### PROBLEM REQUIREMENTS:
Using the data that follows, return exactly the lines from the one that contains "fn commit_form(s: &[u8], at: usize) -> bool" through the one that contains "pub fn pending_read(s: &[u8], at: usize)", ends included.

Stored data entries
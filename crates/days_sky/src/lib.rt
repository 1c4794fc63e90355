// A judge of several days over one sky's district, so that one search serves the entries of all of them.
// Contract: its trees are those of each day's own sky, seven to a day.
#![tactic(auto)]

mod day;
pub mod laws;
mod sky;

pub use day::Day;
pub use sky::DaysSky;
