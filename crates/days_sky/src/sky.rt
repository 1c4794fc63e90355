// The judge of several days.
ghost use Rattle.std.specs.Prelude.{◌≡◌, ◌*◌, ◌<◌, ◌^◌, length};

use crate::day::Day;
use cell_judge::{KeptSky, Sky};
use cell_split::{Cell, Judge, Judged, Task, Verdict};

/// The district of a sky under several days, over the sky's root and under its sun: problem `7 * i + k`
/// is problem `k` of day `i`. The sky's own day takes no part.
#[derive(Drop)]
pub struct DaysSky<'a> {
    sky: &'a Sky,
    days: &'a [Day],
    ghost few: { 7 * length days.now < 2 ^ 32 },
}

impl<'a> DaysSky<'a> {
    pub fn new(sky: &'a Sky, days: &'a [Day]) -> DaysSky<'a>
        requires { 7 * length days.now < 2 ^ 32 }
        ensures sky { result.sky.now ≡ sky.now }
        ensures days { result.days.now ≡ days.now }
    {
        DaysSky { sky, days }
    }
}

impl Judge for DaysSky<'_> {
    ghost use Rattle.std.specs.Prelude.{map};
    ghost use Rattle.cell_judge.proofs.Lawful.{skies_are_lawful};
    ghost use Rattle.days_sky.specs.Days.{all_rows, days_content, rows_of_day};

    ghost content = { λ j. days_content j.sky.now.sun j.sky.now.district (map rows_of_day j.days.now) j.sky.now.root };

    ghost lawful = { λ j. skies_are_lawful j.sky.now.sun j.sky.now.district (all_rows (map rows_of_day j.days.now)) j.sky.now.root j.sky.now.lawful.root };

    type Kept = KeptSky;

    fn problems(&self) -> u32 {
        7 * self.days.len() as u32
    }

    fn root(&self) -> Cell {
        self.sky.root()
    }

    fn judge(&self, t: Task) -> Verdict {
        let day = &self.days[(t.problem / 7) as usize];
        let k = (t.problem % 7) as usize;
        self.sky.judge_for(&day.problems[k], day.sines[k], &t.cell)
    }

    fn judge_quarters(&self, t: Task, kept: &mut KeptSky) -> [Judged; 4] {
        let day = &self.days[(t.problem / 7) as usize];
        let k = (t.problem % 7) as usize;
        self.sky
            .judge_quarters_for(&day.problems[k], day.sines[k], &t.cell, kept)
    }
}
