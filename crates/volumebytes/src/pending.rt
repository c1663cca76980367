// The pending commit of a volume in 49 bytes: a flag, the local LSN, the LSN of the remote commit, its hash.
ghost use Rattle.std.specs.Prelude.{◌≡◌, ◌+◌, ◌≤◌, length};
ghost use Rattle.octets.specs.Bytes.{part, put};
ghost use Rattle.rules.specs.Lists.{given};
ghost use Rattle.rules.specs.Forms.{pending_form};
ghost use Rattle.volume.specs.Volumes.{pending_says};
ghost use Rattle.layout.specs.Codecs.{optional, in_form};
ghost use Rattle.layout.specs.Records.{pending_bytes};
ghost use Rattle.volumebytes.specs.Laid.{pending_laid};

use basics::lsn::Lsn;
use octets::{all_zero, load_hash, load8, load64, store_all, store_hash, store8, store64};
use volume::volume::PendingCommit;

// Whether the 48 bytes at a place are a pending commit; its hash may be any.
fn commit_form(s: &[u8], at: usize) -> bool
    requires { at + 48 ≤ length s.now }
    ensures { result ≡ in_form pending_bytes pending_form (part at 48 s.now) }
{
    if load64(s, at) == 0 {
        return false;
    }
    0 < load64(s, at + 8)
}

// Whether the 49 bytes at a place are a pending commit, or none.
pub fn pending_form(s: &[u8], at: usize) -> bool
    requires { at + 49 ≤ length s.now }
    ensures { result ≡ in_form (optional pending_bytes) (given pending_form) (part at 49 s.now) }
{
    let flag = load8(s, at);
    if flag == 0 {
        return all_zero(s, at + 1, 48);
    }
    if flag != 1 {
        return false;
    }
    commit_form(s, at + 1)
}

// The pending commit in the 49 bytes at a place, or none.
pub fn pending_read(s: &[u8], at: usize) -> Option<PendingCommit>
    requires { at + 49 ≤ length s.now }
    ensures { result ≡ pending_laid ((optional pending_bytes).read (part at 49 s.now)) }
{
    if load8(s, at) == 0 {
        return None;
    }
    let local = Lsn(load64(s, at + 1));
    let commit = Lsn(load64(s, at + 9));
    let hash = load_hash(s, at + 17);
    Some(PendingCommit {
        local,
        commit,
        hash,
    })
}

// The pending commit over the 49 bytes at a place; zeros where it is missing.
pub fn pending_write(s: &mut [u8], at: usize, pending: Option<PendingCommit>)
    requires { at + 49 ≤ length s.old }
    ensures { s.new ≡ put at ((optional pending_bytes).spell (pending_says pending)) s.old }
{
    let Some(p) = pending else {
        store_all(s, at, &[0u8; 49]);
        return;
    };
    store8(s, at, 1);
    store64(s, at + 1, p.local.0);
    store64(s, at + 9, p.commit.0);
    store_hash(s, at + 17, p.hash);
}
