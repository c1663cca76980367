// The sync point of a volume in 18 bytes: a flag, the remote LSN, and the watermark in 9 bytes: a flag and an LSN.
ghost use Rattle.std.specs.Prelude.{◌≡◌, ◌+◌, ◌≤◌, length};
ghost use Rattle.octets.specs.Bytes.{part, put};
ghost use Rattle.rules.specs.Lists.{given};
ghost use Rattle.rules.specs.Forms.{lsn_form, sync_form};
ghost use Rattle.volume.specs.Volumes.{maybe_lsn_says, sync_says};
ghost use Rattle.layout.specs.Codecs.{number, optional, in_form};
ghost use Rattle.layout.specs.Records.{sync_bytes};
ghost use Rattle.volumebytes.specs.Laid.{mark_laid, sync_laid};

use basics::lsn::Lsn;
use octets::{all_zero, load8, load64, store_all, store8, store64};
use volume::volume::SyncPoint;

// Whether the 9 bytes at a place are a watermark, or none.
fn watermark_form(s: &[u8], at: usize) -> bool
    requires { at + 9 ≤ length s.now }
    ensures { result ≡ in_form (optional (number 8)) (given lsn_form) (part at 9 s.now) }
{
    let flag = load8(s, at);
    if flag == 0 {
        return all_zero(s, at + 1, 8);
    }
    if flag != 1 {
        return false;
    }
    0 < load64(s, at + 1)
}

// Whether the 17 bytes at a place are a sync point: its remote LSN and its watermark.
fn point_form(s: &[u8], at: usize) -> bool
    requires { at + 17 ≤ length s.now }
    ensures { result ≡ in_form sync_bytes sync_form (part at 17 s.now) }
{
    if load64(s, at) == 0 {
        return false;
    }
    watermark_form(s, at + 8)
}

// Whether the 18 bytes at a place are a sync point, or none.
pub fn sync_form(s: &[u8], at: usize) -> bool
    requires { at + 18 ≤ length s.now }
    ensures { result ≡ in_form (optional sync_bytes) (given sync_form) (part at 18 s.now) }
{
    let flag = load8(s, at);
    if flag == 0 {
        return all_zero(s, at + 1, 17);
    }
    if flag != 1 {
        return false;
    }
    point_form(s, at + 1)
}

// The watermark in the 9 bytes at a place.
fn watermark_read(s: &[u8], at: usize) -> Option<Lsn>
    requires { at + 9 ≤ length s.now }
    ensures { result ≡ mark_laid ((optional (number 8)).read (part at 9 s.now)) }
{
    if load8(s, at) == 0 {
        return None;
    }
    Some(Lsn(load64(s, at + 1)))
}

// The sync point in the 18 bytes at a place.
pub fn sync_read(s: &[u8], at: usize) -> Option<SyncPoint>
    requires { at + 18 ≤ length s.now }
    ensures { result ≡ sync_laid ((optional sync_bytes).read (part at 18 s.now)) }
{
    if load8(s, at) == 0 {
        return None;
    }
    let remote = Lsn(load64(s, at + 1));
    let watermark = watermark_read(s, at + 9);
    Some(SyncPoint { remote, watermark })
}

// The watermark over the 9 bytes at a place; zeros where it is missing.
fn watermark_write(s: &mut [u8], at: usize, watermark: Option<Lsn>)
    requires { at + 9 ≤ length s.old }
    ensures { s.new ≡ put at ((optional (number 8)).spell (maybe_lsn_says watermark)) s.old }
{
    let Some(lsn) = watermark else {
        let none = [0u8; 9];
        store_all(s, at, &none);
        return;
    };
    store8(s, at, 1);
    store64(s, at + 1, lsn.0);
}

// The sync point over the 18 bytes at a place; zeros where it is missing.
pub fn sync_write(s: &mut [u8], at: usize, sync: Option<SyncPoint>)
    requires { at + 18 ≤ length s.old }
    ensures { s.new ≡ put at ((optional sync_bytes).spell (sync_says sync)) s.old }
{
    let Some(point) = sync else {
        let none = [0u8; 18];
        store_all(s, at, &none);
        return;
    };
    let remote = point.remote;
    let watermark = point.watermark;
    store8(s, at, 1);
    store64(s, at + 1, remote.0);
    watermark_write(s, at + 9, watermark);
}
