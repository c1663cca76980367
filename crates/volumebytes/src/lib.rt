// A volume in bytes: its form, its value and its bytes at a place of a lent slice (docs/TABLES.md).
#![tactic(auto)]

pub mod pending;
pub mod sync;

ghost use Rattle.std.specs.Prelude.{◌≡◌, ◌+◌, ◌≤◌, length};
ghost use Rattle.octets.specs.Bytes.{part, put};
ghost use Rattle.rules.specs.Forms.{volume_form};
ghost use Rattle.volume.specs.Volumes.{volume_says};
ghost use Rattle.layout.specs.Codecs.{in_form};
ghost use Rattle.layout.specs.Records.{volume_bytes};
ghost use Rattle.volumebytes.specs.Laid.{volume_laid};

use octets::{load_id, load8, store_id, store8};
use volume::volume::Volume;

// Whether the 117 bytes at a place are a volume.
pub fn volume_form(s: &[u8], at: usize) -> bool
    requires { at + 117 ≤ length s.now }
    ensures { result ≡ in_form volume_bytes volume_form (part at 117 s.now) }
{
    if load8(s, at) != 0 {
        return false;
    }
    if load8(s, at + 17) != 0 {
        return false;
    }
    if !sync::sync_form(s, at + 50) {
        return false;
    }
    pending::pending_form(s, at + 68)
}

// The volume in the 117 bytes at a place.
pub fn volume_read(s: &[u8], at: usize) -> Volume
    requires { at + 117 ≤ length s.now }
    ensures { result ≡ volume_laid (volume_bytes.read (part at 117 s.now)) }
{
    let vid = load_id(s, at + 1);
    let local = load_id(s, at + 18);
    let remote = load_id(s, at + 34);
    let sync = sync::sync_read(s, at + 50);
    let pending = pending::pending_read(s, at + 68);
    Volume::new(vid, local, remote, sync, pending)
}

// The volume over the 117 bytes at a place.
pub fn volume_write(s: &mut [u8], at: usize, v: Volume)
    requires { at + 117 ≤ length s.old }
    ensures { s.new ≡ put at (volume_bytes.spell (volume_says v)) s.old }
{
    store8(s, at, 0);
    store_id(s, at + 1, v.vid);
    store8(s, at + 17, 0);
    store_id(s, at + 18, v.local);
    store_id(s, at + 34, v.remote);
    sync::sync_write(s, at + 50, v.sync);
    pending::pending_write(s, at + 68, v.pending);
}

// The bytes of a volume over as many lent ones.
pub fn put_out(out: &mut [u8], v: Volume)
    requires { length out.old ≡ 117 }
    ensures { out.new ≡ volume_bytes.spell (volume_says v) }
{
    volume_write(out, 0, v);
}
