// One call of `vbits` by its words: names, numbers, and vectors as their letters from the left, behind an `s` where signed.

ghost use Rattle.std.specs.Prelude.{◌≤◌, IfSome};

use crate::operators::{apply, apply_to_free, operator_of, takes_free};
use vbits::{Bit4, Vec4};

fn letter_of(byte: u8) -> Option<Bit4> {
    match byte {
        b'0' => Some(Bit4::Zero),
        b'1' => Some(Bit4::One),
        b'x' => Some(Bit4::X),
        b'z' => Some(Bit4::Z),
        _ => None,
    }
}

// The vector of these letters, leftmost first; none where there are none, too many, or others.
fn vector_of(letters: &[u8]) -> Option<Vec4> {
    let (first, rest) = letters.split_first()?;
    let mut vector = Vec4::of_bit(letter_of(*first)?);
    for byte in rest {
        let letter = Vec4::of_bit(letter_of(*byte)?);
        if vector.len() + letter.len() > 64 {
            return None;
        }
        vector = vector.concat(letter);
    }
    Some(vector)
}

// An operand: its letters, behind an `s` where it is signed.
fn operand_of(word: &str) -> Option<Vec4> {
    match word.as_bytes().split_first() {
        Some((b's', letters)) => Some(vector_of(letters)?.with_sign(true)),
        _ => vector_of(word.as_bytes()),
    }
}

fn number_of(word: &str) -> Option<u64> {
    word.parse::<u64>().ok()
}

// A place in a vector, or a length of one.
fn count_of(word: &str) -> Option<u32> {
    word.parse::<u32>().ok()
}

// A length that a vector may have.
fn length_of(word: &str) -> Option<u32>
    ensures some { IfSome result (λ n. 1 ≤ n) }
    ensures few { IfSome result (λ n. n ≤ 64) }
{
    let length = count_of(word)?;
    if 1 <= length && length <= 64 {
        Some(length)
    } else {
        None
    }
}

// What a constructor makes, whose first number is a length.
fn value_of(name: &str, length: &str, number: &str) -> Option<Vec4> {
    let length = length_of(length)?;
    match name {
        "zeros" => Some(Vec4::zeros(length)),
        "all_x" => Some(Vec4::all_x(length)),
        "all_z" => Some(Vec4::all_z(length)),
        _ => Some(Vec4::from_u64(length, number_of(number)?)),
    }
}

fn select(vector: Vec4, high: u32, low: u32) -> Option<Vec4> {
    if low <= high && high < vector.len() {
        Some(vector.select(high, low))
    } else {
        None
    }
}

fn put(vector: Vec4, high: u32, low: u32, part: Vec4) -> Option<Vec4> {
    if low <= high && high < vector.len() && part.len() == high - low + 1 {
        Some(vector.put(high, low, part))
    } else {
        None
    }
}

fn bit(vector: Vec4, place: u32) -> Option<Vec4> {
    if place < vector.len() {
        Some(Vec4::of_bit(vector.bit(place)))
    } else {
        None
    }
}

// What the operator of this name makes of the operands, where they go together.
fn result_of(name: &str, left: Vec4, right: Vec4) -> Option<Vec4> {
    let operator = operator_of(name);
    if takes_free(operator) {
        return Some(apply_to_free(operator, left, right));
    }
    if left.len() == right.len() {
        Some(apply(operator, left, right))
    } else {
        None
    }
}

/// The result of the call that these words name, an operator with one operand too; none where they don't go together.
pub fn value_of_call(words: &[&str]) -> Option<Vec4> {
    match words {
        ["zeros" | "all_x" | "all_z", length] => value_of(words[0], length, "0"),
        ["from_u64", length, number] => value_of(words[0], length, number),
        ["bit", vector, place] => bit(operand_of(vector)?, count_of(place)?),
        ["resize", vector, length] => Some(operand_of(vector)?.resize(length_of(length)?)),
        ["select", vector, high, low] => {
            select(operand_of(vector)?, count_of(high)?, count_of(low)?)
        }
        ["put", vector, high, low, part] => put(
            operand_of(vector)?,
            count_of(high)?,
            count_of(low)?,
            operand_of(part)?,
        ),
        [name, only] => {
            let operand = operand_of(only)?;
            result_of(name, operand, operand)
        }
        [name, left, right] => result_of(name, operand_of(left)?, operand_of(right)?),
        _ => None,
    }
}
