//! Runs one call of `vbits`: an operator as often as it is told, so that its instructions can be counted, or any call once, so
//! that its result can be compared. In go `repeat`, the operator's name and the number of turns, and out comes a sum of
//! the results; or a call's name and what it takes (`words.rt`), and out come the letters of the result from the left, behind an
//! `s` where it is signed, or a `?` for words that don't go together. Without words nothing is run. No law is claimed.
#![tactic(auto)]

mod operators;
mod words;

use operators::{operator_of, run};
use std::{env, io};
use vbits::{Bit4, Vec4};
use words::value_of_call;

fn print_letters(rt: &impl Print, vector: Vec4) -> io::Result<()> {
    for i in 0..vector.len() {
        let shown = match vector.bit(vector.len() - 1 - i) {
            Bit4::Zero => "0",
            Bit4::One => "1",
            Bit4::X => "x",
            Bit4::Z => "z",
        };
        rt.print(shown)?;
    }
    Ok(())
}

fn show(rt: &impl Print, answer: Option<Vec4>) -> io::Result<()> {
    match answer {
        Some(vector) => {
            if vector.signed() {
                rt.print("s")?;
            }
            print_letters(rt, vector)?;
        }
        None => rt.print("?")?,
    }
    rt.println("")
}

fn main(rt: HostRuntime) -> io::Result<()> {
    let given = env::args(&rt)?.collect::<Vec<String>>(rt.alloc())?;
    let mut words = Vec::new(rt.alloc());
    for word in &given {
        words.push(word.as_str())?;
    }
    match words.as_slice() {
        [_, "repeat", name, turns] => {
            let turns = turns.parse::<u64>().unwrap_or(0);
            let sum = run(operator_of(name), turns);
            println!(rt; "{name} {turns} {sum}")
        }
        [] | [_] => Ok(()),
        [_, call @ ..] => show(&rt, value_of_call(call)),
    }
}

### REPLY:
fn commit_form(s: &[u8], at: usize) -> bool
    requires { at + 48 ≤ length s.now }
    ensures { result ≡ in_form pending_bytes pending_form (part at 48 s.now) }
{
    if load64(s, at) == 0 {
        return false;
    }
    0 < load64(s, at + 8)
}

// Whether the 49 bytes at a place are a pending commit, or none.
pub fn pending_form(s: &[u8], at: usize) -> bool
    requires { at + 49 ≤ length s.now }
    ensures { result ≡ in_form (optional pending_bytes) (given pending_form) (part at 49 s.now) }
{
    let flag = load8(s, at);
    if flag == 0 {
        return all_zero(s, at + 1, 48);
    }
    if flag != 1 {
        return false;
    }
    commit_form(s, at + 1)
}

// The pending commit in the 49 bytes at a place, or none.
pub fn pending_read(s: &[u8], at: usize) -> Option<PendingCommit>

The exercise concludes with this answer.